# Kauri Kidded 2/19/17



## ArborGoats (Jan 24, 2013)

Kauri kidded with buck doe twins! 

Nettle is the little chamoisee buckling with a birth weight of 10.5 lbs, and Nyssa is the little girl weighing in at 9.4 lbs. 

This was her first time and she has been textbook so far.


----------



## ksalvagno (Oct 6, 2009)

Cuties!


----------



## Suzanne_Tyler (Jul 19, 2014)

ArborGoats said:


> ...Nettle is the little chamoisee buckling...and Nettle is the little girl....

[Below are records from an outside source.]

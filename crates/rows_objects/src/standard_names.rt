//! The standard's names of its numbers, each way: `type 5 -> binary-value`, `type binary-value -> 5`, and `none` where
//! there is none; `type 0..1023 -> 5, 8` tells which numbers of a range have names.

use names::{
    Row, abort_reasons, binary_values, error_classes, error_codes, name_in, number_in,
    object_types, properties, reject_reasons,
};
use sheets::{Counts, Part, Stop, run_text, two_words};
use std::alloc::{AllocError, Global};
use words::parse_number;

/// Runs a row.
pub(crate) fn run(alloc: Global, asked: &str, wanted: &str) -> Result<Counts, Stop> {
    let (kind, word) = two_words(asked);
    let table = table_of(kind)?;
    let found = match word.split_once("..") {
        Some((first, last)) => named(alloc, table, parse_number(first)?, parse_number(last)?)?,
        None => meaning(alloc, table, word)?,
    };
    run_text(found, wanted)
}

/// The table of a kind of number.
fn table_of(kind: &str) -> Result<&'static [Row], Stop> {
    match kind {
        "type" => Ok(object_types()),
        "property" => Ok(properties()),
        "class" => Ok(error_classes()),
        "code" => Ok(error_codes()),
        "reject" => Ok(reject_reasons()),
        "abort" => Ok(abort_reasons()),
        "state" => Ok(binary_values()),
        _ => Err(Stop::Unread(Part::Asked)),
    }
}

/// The name of a number, or the number of a name.
fn meaning(alloc: Global, table: &[Row], word: &str) -> Result<String, AllocError> {
    if let Ok(number) = parse_number(word) {
        return String::from_str(alloc, name_in(table, number).unwrap_or("none"));
    }
    match number_in(table, word) {
        Some(number) => format!(in alloc; "{number}"),
        None => String::from_str(alloc, "none"),
    }
}

/// The numbers from one to another that have names.
fn named(alloc: Global, table: &[Row], first: u32, last: u32) -> Result<String, AllocError> {
    let mut numbers = String::new(alloc);
    for number in first..=last {
        if name_in(table, number).is_some() {
            let mark = if numbers.is_empty() { "" } else { ", " };
            write!(numbers, "{mark}{number}")?;
        }
    }
    Ok(numbers)
}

So which is which?? :scratch:

Congrats, super cute!!


----------



## toth boer goats (Jul 20, 2008)

Cute.


----------



## SalteyLove (Jun 18, 2011)

Congrats!


----------



## goatblessings (Jan 6, 2015)

Sweet! Congrats!


----------



## ArborGoats (Jan 24, 2013)

Thank you! So far everyone is doing great. Little doe's name is Nyssa and boy is Nettle.


----------



## groovyoldlady (Jul 21, 2011)

Huzzah! They're adorable!


----------



## ArborGoats (Jan 24, 2013)

Their 6 day gains are Nyssa 9.4 lbs to 13.78 lbs and Nettle was 10.5 lbs to 15.14 lbs. And I am getting at least 1/3 of a gallon of day to feed to Juniper's bottle baby. =)


----------